Save the World: Dump Kyoto

Is implementing the Kyoto Protocol the best way to "save the world" from global warming? If you believe so, then you better read this article by Jonathan Kay, writing in Tuesday's National Post:

You rarely see anyone actually crunch the numbers and prove Kyoto's worth on a cost-benefit basis.

That's because, as world-renowned Danish thinker Bjorn Lomborg demonstrates in a new book, you can't.
Lomborg's book -- excerpted in a three-part series that appeared on these pages a month ago -- is built around the (surprisingly) rich body of peer-reviewed studies that measure the aggregate social cost of climate change on human societies -- including its impacts on agriculture, fisheries, fresh water supplies, hurricanes and land loss... For every dollar we spend on Kyoto, we get back 34¢.

And even this analysis is optimistic -- because it assumes the most efficient carbon-abatement policies available. In practice, many nations have opted instead for inefficient, but optically attractive, solutions such as windmills.

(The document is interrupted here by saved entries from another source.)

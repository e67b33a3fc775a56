// Chains of handlers as a script sees them (Lua 5.4 manual, 2.4), up to the last link that is followed.
use lua_heap::Strings;
use meta_ops::{
    Callee, Event, Fault, Heap, Operation, Outcome, Stored, callee_of, handler_of, index_of,
    operate, store_of,
};
use object_pool::Pool;
use std::alloc::Global;
use std::test::Fail;
use table_core::{FuncId, Key, StrId, Table, TableId, Value};

/// Tables and strings in memory.
#[derive(Drop)]
struct Memory {
    tables: Pool<Table>,
    strings: Strings,
}

impl Memory {
    /// As many tables without rows.
    fn of(alloc: Global, tables: usize) -> Result<Memory, Fail> {
        let mut memory = Memory {
            tables: Pool::new(alloc),
            strings: Strings::new(alloc),
        };
        for _ in 0..tables {
            memory.tables.reserve(1)?;
            memory.tables.place(Table::new(alloc));
        }
        Ok(memory)
    }

    fn heap(&self) -> Heap<'_> {
        Heap {
            tables: &self.tables,
            strings: &self.strings,
            string_meta: None,
        }
    }

    /// The number of a name, which is short.
    fn name(&mut self, name: &str) -> Result<StrId, Fail> {
        let mut id = StrId(0);
        if name.len() < 100 {
            id = self.strings.intern(name.as_bytes())?;
        }
        Ok(id)
    }

    /// Sets a field of a table.
    fn set(&mut self, table: usize, name: &str, value: Value) -> Result<(), Fail> {
        let name = self.name(name)?;
        if table < self.tables.len() {
            if let Some(key) = Key::of(Value::Str(name)) {
                self.tables.get_mut(table).set(key, value)?;
            }
        }
        Ok(())
    }

    /// Makes a table the metatable of another.
    fn set_metatable(&mut self, table: usize, metatable: usize) {
        if table < self.tables.len() {
            self.tables
                .get_mut(table)
                .set_metatable(Some(TableId(metatable)));
        }
    }
}

#[test]
fn a_missing_field_is_looked_up_in_the_handler(rt: HostRuntime) -> Result<(), Fail> {
    let mut memory = Memory::of(rt.alloc(), 5)?;
    let x = Value::Str(memory.name("x")?);
    let y = Value::Str(memory.name("y")?);
    memory.set(0, "x", Value::Int(1))?;
    memory.set(2, "__index", Value::Table(TableId(0)))?;
    memory.set_metatable(1, 2);
    memory.set(4, "__index", Value::Func(FuncId(7)))?;
    memory.set_metatable(3, 4);
    let heap = memory.heap();
    assert_eq!(rt;
        index_of(heap, Value::Table(TableId(1)), x),
        Outcome::Found(Value::Int(1))
    );
    assert_eq!(rt;
        index_of(heap, Value::Table(TableId(1)), y),
        Outcome::Found(Value::Nil)
    );
    let asked = Outcome::Ask {
        handler: Value::Func(FuncId(7)),
        first: Value::Table(TableId(3)),
    };
    assert_eq!(rt; index_of(heap, Value::Table(TableId(3)), x), asked);
    assert_eq!(rt;
        index_of(heap, Value::Int(5), x),
        Outcome::Fault(Fault::Index(Value::Int(5)))
    );
    assert_eq!(rt; index_of(heap, x, y), Outcome::Fault(Fault::Index(x)));
    Ok(())
}

#[test]
fn strings_share_a_metatable(rt: HostRuntime) -> Result<(), Fail> {
    let mut memory = Memory::of(rt.alloc(), 2)?;
    let len = Value::Str(memory.name("len")?);
    memory.set(0, "len", Value::Prim(3))?;
    memory.set(1, "__index", Value::Table(TableId(0)))?;
    let mut heap = memory.heap();
    heap.string_meta = Some(TableId(1));
    assert_eq!(rt; index_of(heap, len, len), Outcome::Found(Value::Prim(3)));
    Ok(())
}

#[test]
fn a_field_is_written_where_it_is_or_by_the_handler(rt: HostRuntime) -> Result<(), Fail> {
    let mut memory = Memory::of(rt.alloc(), 5)?;
    let x = Value::Str(memory.name("x")?);
    let y = Value::Str(memory.name("y")?);
    memory.set(1, "x", Value::Bool(false))?;
    memory.set(2, "__newindex", Value::Table(TableId(0)))?;
    memory.set_metatable(1, 2);
    memory.set(4, "__newindex", Value::Prim(9))?;
    memory.set_metatable(3, 4);
    let heap = memory.heap();
    assert_eq!(rt;
        store_of(heap, Value::Table(TableId(1)), x),
        Stored::Raw(TableId(1))
    );
    assert_eq!(rt;
        store_of(heap, Value::Table(TableId(1)), y),
        Stored::Raw(TableId(0))
    );
    let asked = Stored::Ask {
        handler: Value::Prim(9),
        object: Value::Table(TableId(3)),
    };
    assert_eq!(rt; store_of(heap, Value::Table(TableId(3)), x), asked);
    assert_eq!(rt;
        store_of(heap, Value::Nil, x),
        Stored::Fault(Fault::Index(Value::Nil))
    );
    Ok(())
}

#[test]
fn two_thousand_links_are_followed(rt: HostRuntime) -> Result<(), Fail> {
    let mut memory = Memory::of(rt.alloc(), 2002)?;
    let x = Value::Str(memory.name("x")?);
    for number in 0..2001 {
        let next = Value::Table(TableId(number + 1));
        memory.set(number, "__index", next)?;
        memory.set(number, "__newindex", next)?;
        memory.set(number, "__call", next)?;
        memory.set_metatable(number, number);
    }
    memory.set(2001, "x", Value::Int(1))?;
    let heap = memory.heap();
    let (first, second) = (Value::Table(TableId(0)), Value::Table(TableId(1)));
    assert_eq!(rt; index_of(heap, second, x), Outcome::Found(Value::Int(1)));
    assert_eq!(rt; index_of(heap, first, x), Outcome::Fault(Fault::IndexChain));
    assert_eq!(rt; store_of(heap, second, x), Stored::Raw(TableId(2001)));
    assert_eq!(rt;
        store_of(heap, first, x),
        Stored::Fault(Fault::NewIndexChain)
    );
    assert_eq!(rt;
        callee_of(heap, second),
        Callee::Fault(Fault::Call(Value::Table(TableId(2001))))
    );
    assert_eq!(rt; callee_of(heap, first), Callee::Fault(Fault::CallChain));
    Ok(())
}

#[test]
fn a_table_is_called_by_its_handler(rt: HostRuntime) -> Result<(), Fail> {
    let mut memory = Memory::of(rt.alloc(), 2)?;
    memory.set(1, "__call", Value::Func(FuncId(2)))?;
    memory.set_metatable(0, 1);
    let heap = memory.heap();
    let found = Callee::Function {
        function: Value::Func(FuncId(2)),
        links: 1,
    };
    assert_eq!(rt; callee_of(heap, Value::Table(TableId(0))), found);
    assert_eq!(rt;
        callee_of(heap, Value::Nil),
        Callee::Fault(Fault::Call(Value::Nil))
    );
    Ok(())
}

#[test]
fn the_left_handler_comes_first(rt: HostRuntime) -> Result<(), Fail> {
    let mut memory = Memory::of(rt.alloc(), 2)?;
    memory.set(0, "__add", Value::Prim(1))?;
    memory.set_metatable(0, 0);
    memory.set(1, "__add", Value::Prim(2))?;
    memory.set(1, "__sub", Value::Prim(3))?;
    memory.set_metatable(1, 1);
    let heap = memory.heap();
    let (left, right) = (Value::Table(TableId(0)), Value::Table(TableId(1)));
    assert_eq!(rt;
        handler_of(heap, Event::Add, left, right),
        Some(Value::Prim(1))
    );
    assert_eq!(rt;
        handler_of(heap, Event::Add, Value::Int(1), right),
        Some(Value::Prim(2))
    );
    assert_eq!(rt;
        handler_of(heap, Event::Sub, left, right),
        Some(Value::Prim(3))
    );
    assert_eq!(rt; handler_of(heap, Event::Mul, left, right), None);
    Ok(())
}

#[test]
fn a_store_and_a_concatenation_take_memory(rt: HostRuntime) -> Result<(), Fail> {
    let alloc = rt.alloc();
    let mut memory = Memory::of(alloc, 1)?;
    let (object, key) = (Value::Table(TableId(0)), Value::Bool(true));
    let store = Operation::Store {
        object,
        key,
        value: Value::Int(7),
    };
    let tables = &mut memory.tables;
    let strings = &mut memory.strings;
    let stored = operate(alloc, tables, strings, None, store)?;
    assert_eq!(rt; stored, Outcome::Done);
    let index = Operation::Index { object, key };
    let found = operate(alloc, tables, strings, None, index)?;
    assert_eq!(rt; found, Outcome::Found(Value::Int(7)));
    let concat = Operation::Concat {
        left: Value::Int(-7),
        right: Value::Int(8),
    };
    let joined = operate(alloc, tables, strings, None, concat)?;
    assert_eq!(rt; joined, Outcome::Found(Value::Str(StrId(0))));
    assert_eq!(rt; strings.find(b"-78"), Some(StrId(0)));
    Ok(())
}

#[test]
fn faults_have_their_texts(rt: HostRuntime) -> Result<(), Fail> {
    let alloc = rt.alloc();
    let arithmetic = Fault::Arithmetic(Value::Table(TableId(0))).text(alloc)?;
    assert_eq!(rt;
        arithmetic.as_slice(),
        b"attempt to perform arithmetic on a table value".as_slice()
    );
    let order = Fault::Compare(Value::Int(1), Value::Nil).text(alloc)?;
    assert_eq!(rt;
        order.as_slice(),
        b"attempt to compare number with nil".as_slice()
    );
    let order = Fault::Compare(Value::Prim(0), Value::Func(FuncId(0))).text(alloc)?;
    assert_eq!(rt;
        order.as_slice(),
        b"attempt to compare two function values".as_slice()
    );
    let remainder = Fault::ModuloByZero.text(alloc)?;
    assert_eq!(rt;
        remainder.as_slice(),
        b"attempt to perform 'n%%0'".as_slice()
    );
    Ok(())
}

Schemes that are even more ambitious than Kyoto result in even greater economic inefficiencies.

That's because of the law of diminishing marginal returns. Our first carbon cuts are always going to be the easy ones -- dropping the house thermostat when we go away for the weekend, screwing in a few CFL light bulbs, buying a slightly smaller SUV, etc. But the deeper you cut carbon emissions, the more painful and difficult the cuts become.

But here's where Lomborg's analysis is especially trenchant. While his methods are ruthlessly utilitarian, he shares the same humanitarian goals ostensibly championed by climate change activists. Indeed, there's nothing he'd like more for the $180-billion a year demanded by Kyoto to be shovelled into other programs that address human misery more directly. If we did so, he shows, we'd save millions more lives.